## THE TASK
I would like every line of the records below that contains the word "AddsPart" copied.

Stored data
====================

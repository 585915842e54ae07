//! Appends to a result: whole nodes and blocks of a list, which are shared, and parts of ranges.
ghost use Rattle.std.specs.Bool.{OnTrue};
ghost use Rattle.std.specs.Prelude.{◌≡◌, ◌+◌, ◌<◌, ◌≤◌, List, ℕ, length, max, IfOk, OnOk};
ghost use Rattle.moc_blocks.specs.RangeList.{pixel_count, IsNormal};
ghost use Rattle.moc_blocks.specs.Private.Blocks.{next_of};
ghost use Rattle.moc_blocks.specs.Private.Built.{ranges_of, CanAppend, MovesPrefix, EndsBelow};
ghost use Rattle.moc_operations.specs.Private.Taking.{AddsPart, MovesCommon};
ghost use Rattle.moc_operations.specs.Private.Meeting.{SkipsBelow};
ghost use Rattle.moc_operations.specs.Private.Walks.{from_current};

use crate::lookahead::NEAR;
use moc_lists::{ListBuilder, Ranges};
use std::alloc::{AllocError, Global};

/// Appends the next nodes and blocks that end below the limit, if the iterator is not inside a block.
#[inline(never)]
fn push_shared_all(
    alloc: Global,
    xs: &mut Ranges<'_>,
    limit: u64,
    built: &mut ListBuilder,
) -> Result<(), AllocError>
    requires { CanAppend xs.old (ranges_of built.old) }
    ensures { OnOk result (MovesPrefix xs.old xs.new limit (ranges_of built.old) (ranges_of built.new)) }
{
    loop {
        let carried = built.push_shared_next(alloc, xs, limit)?;
        if !carried {
            return Ok(());
        }
    }
}

/// Does the same as `push_shared_all`, and is inlined.
#[inline(always)]
pub fn push_shared_below(
    alloc: Global,
    xs: &mut Ranges<'_>,
    limit: u64,
    built: &mut ListBuilder,
) -> Result<(), AllocError>
    requires { CanAppend xs.old (ranges_of built.old) }
    ensures { OnOk result (MovesPrefix xs.old xs.new limit (ranges_of built.old) (ranges_of built.new)) }
{
    if xs.is_in_block() {
        return Ok(());
    }
    push_shared_all(alloc, xs, limit, built)
}

/// Appends the next nodes and blocks that end below the limit, if the iterator is not inside a block, and then returns
/// the next range.
#[inline(always)]
pub fn next_after_shared(
    alloc: Global,
    xs: &mut Ranges<'_>,
    limit: u64,
    built: &mut ListBuilder,
) -> Result<Option<(u64, u64)>, AllocError>
    requires { CanAppend xs.old (ranges_of built.old) }
    ensures { IfOk result (λ next.
        MovesPrefix xs.old (from_current next xs.new) limit (ranges_of built.old) (ranges_of built.new)) }
{
    push_shared_below(alloc, xs, limit, built)?;
    Ok(xs.next())
}

/// Appends the next ranges of the current block that end below the limit, if they are many.
#[inline(always)]
fn push_ranges_below(
    alloc: Global,
    xs: &mut Ranges<'_>,
    limit: u64,
    built: &mut ListBuilder,
) -> Result<(), AllocError>
    requires { CanAppend xs.old (ranges_of built.old) }
    ensures { OnOk result (MovesPrefix xs.old xs.new limit (ranges_of built.old) (ranges_of built.new)) }
{
    if xs.is_near(limit, NEAR) {
        return Ok(());
    }
    match xs.take_ranges_below(limit) {
        Some(ranges) => built.push_all(alloc, ranges),
        None => Ok(()),
    }
}

/// Does the same as `next_after_shared`, but first appends the next ranges of the current block that end below the
/// limit, if they are many.
#[inline(always)]
pub fn next_after_copied(
    alloc: Global,
    xs: &mut Ranges<'_>,
    limit: u64,
    built: &mut ListBuilder,
) -> Result<Option<(u64, u64)>, AllocError>
    requires { CanAppend xs.old (ranges_of built.old) }
    ensures { IfOk result (λ next.
        MovesPrefix xs.old (from_current next xs.new) limit (ranges_of built.old) (ranges_of built.new)) }
{
    push_ranges_below(alloc, xs, limit, built)?;
    next_after_shared(alloc, xs, limit, built)
}

/// Appends a range to the result, unless it is empty.
#[inline]
pub fn push_part(
    alloc: Global,
    from: u64,
    to: u64,
    built: &mut ListBuilder,
) -> Result<(), AllocError>
    requires built { IsNormal (ranges_of built.old) }
    requires within { to ≤ pixel_count }
    requires after { EndsBelow from (ranges_of built.old) }
    ensures { OnOk result (AddsPart from to (ranges_of built.old) (ranges_of built.new)) }
{
    if to <= from {
        return Ok(());
    }
    built.push(alloc, from, to)
}

/// Returns the start of a range, or the largest number for `None`.
#[inline]
pub fn start_of(range: Option<(u64, u64)>) -> u64
    ensures { (rest : List (ℕ × ℕ)) → result ≡ next_of (from_current range rest) }
{
    match range {
        Some((from, _)) => from,
        None => u64::MAX,
    }
}

/// Skips the next ranges of the current block that end below a limit, if the range `lookahead` positions ahead ends at
/// or before it. Returns whether ranges were skipped.
pub fn skip_below(xs: &mut Ranges<'_>, limit: u64, lookahead: usize) -> bool
    requires { IsNormal xs.old }
    ensures out { SkipsBelow limit xs.old xs.new }
    ensures some { OnTrue result (length xs.new < length xs.old) }
{
    !xs.is_near(limit, lookahead) && xs.take_ranges_below(limit).is_some()
}

/// If the iterator is not inside a block, skips what ends before the range begins, or appends the nodes and blocks that
/// are inside the range and end below the limit.
pub fn push_whole(
    alloc: Global,
    xs: &mut Ranges<'_>,
    range: (u64, u64),
    limit: u64,
    built: &mut ListBuilder,
) -> Result<(), AllocError>
    requires normal { IsNormal xs.old }
    requires ascending { range.0 ≤ range.1 }
    requires within { limit ≤ range.1 + 1 }
    requires built { IsNormal (ranges_of built.old) }
    requires after { EndsBelow (max (next_of xs.old) range.0) (ranges_of built.old) }
    ensures { OnOk result (MovesCommon xs.old xs.new range (ranges_of built.old) (ranges_of built.new)) }
{
    if xs.is_in_block() {
        return Ok(());
    }
    if xs.next_from() < range.0 {
        xs.skip_to(range.0);
        return Ok(());
    }
    push_shared_all(alloc, xs, limit, built)
}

====================

## RESULT OF THIS EXERCISE
ghost use Rattle.moc_operations.specs.Private.Taking.{AddsPart, MovesCommon};
    ensures { OnOk result (AddsPart from to (ranges_of built.old) (ranges_of built.new)) }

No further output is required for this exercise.